▶ TASK PROMPT
Lines that include the string "over" are the ones to copy from the entries below.

Stored data entries
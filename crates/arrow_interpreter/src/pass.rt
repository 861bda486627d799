//! The passes over the lines of an input: all lines are tested, and then they are run, by [`crate::interpreter`].
ghost use Rattle.std.specs.Prelude.{◌≡◌, Bool, None, Ok, Option, Result, is_some, ℤ};
ghost use Rattle.std.specs.declared.alloc.AllocError.{AllocError};
ghost use Rattle.arrow_model.specs.Both.{BothRequest};
ghost use Rattle.arrow_interpreter.specs.Replies.{on_table};
ghost use Rattle.arrow_syntax.specs.Lines.{narrow_line, widen_line};
ghost use Rattle.arrow_syntax.specs.Words.{words_of};

use crate::line::{CommandLine, DirectLine, ParseOffset};
use arrow_syntax::readers::{Last, Words};
use std::alloc::AllocError;

/// A pass over the lines of an input. The functions that find a line by its name are generic over it. Each call returns
/// whether the words were a line.
pub(crate) trait Pass {
    /// The effect of a pass on words that make this request, or on words that are not a line (`None`).
    ghost Handles: { Option (BothRequest ℤ) → Self → Self → Result Bool AllocError → Type 0 };

    /// Handles words that are not a line.
    fn none(&mut self) -> Result<bool, AllocError>
        ensures { Handles None self.old self.new result };

    /// Handles a line that makes a command, by its number and the words behind it.
    fn line<O: ParseOffset, L: CommandLine<O>>(
        &mut self,
        number: usize,
        words: &[u8],
    ) -> Result<bool, AllocError>
        ensures { Handles (on_table O.IS_LARGE (L.reader number (words_of words.now))) self.old self.new result };

    /// Handles a line that reads its own words, by its number and the words behind it.
    fn direct<O: ParseOffset, L: DirectLine<O>>(
        &mut self,
        number: usize,
        words: &[u8],
    ) -> Result<bool, AllocError>
        ensures { Handles (on_table O.IS_LARGE (L.reader number (words_of words.now))) self.old self.new result };

    /// Handles `widen E F`.
    fn widen_line(&mut self, words: &[u8]) -> Result<bool, AllocError>
        ensures { Handles (widen_line (words_of words.now)) self.old self.new result };

    /// Handles `narrow E F`.
    fn narrow_line(&mut self, words: &[u8]) -> Result<bool, AllocError>
        ensures { Handles (narrow_line (words_of words.now)) self.old self.new result };
}

/// The first pass: lines are tested, and nothing is made of their words or run. No call fails.
#[derive(Drop)]
pub(crate) struct Tested;

impl Pass for Tested {
    ghost Handles = { λ request _ _ result. result ≡ Ok (is_some request) };

    #[inline(always)]
    fn none(&mut self) -> Result<bool, AllocError> {
        Ok(false)
    }

    #[inline(always)]
    fn line<O: ParseOffset, L: CommandLine<O>>(
        &mut self,
        _number: usize,
        words: &[u8],
    ) -> Result<bool, AllocError> {
        Ok(L::Rest::are_words(words))
    }

    #[inline(always)]
    fn direct<O: ParseOffset, L: DirectLine<O>>(
        &mut self,
        number: usize,
        words: &[u8],
    ) -> Result<bool, AllocError> {
        Ok(L::is_line(number, words))
    }

    #[inline(always)]
    fn widen_line(&mut self, words: &[u8]) -> Result<bool, AllocError> {
        Ok(TwoNumbers::are_words(words))
    }

    #[inline(always)]
    fn narrow_line(&mut self, words: &[u8]) -> Result<bool, AllocError> {
        Ok(TwoNumbers::are_words(words))
    }
}

/// The words of `widen` and of `narrow`.
pub(crate) type TwoNumbers = (usize, Last<usize>);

▶ RESULT OF THE TASK
//! The passes over the lines of an input: all lines are tested, and then they are run, by [`crate::interpreter`].
/// A pass over the lines of an input. The functions that find a line by its name are generic over it. Each call returns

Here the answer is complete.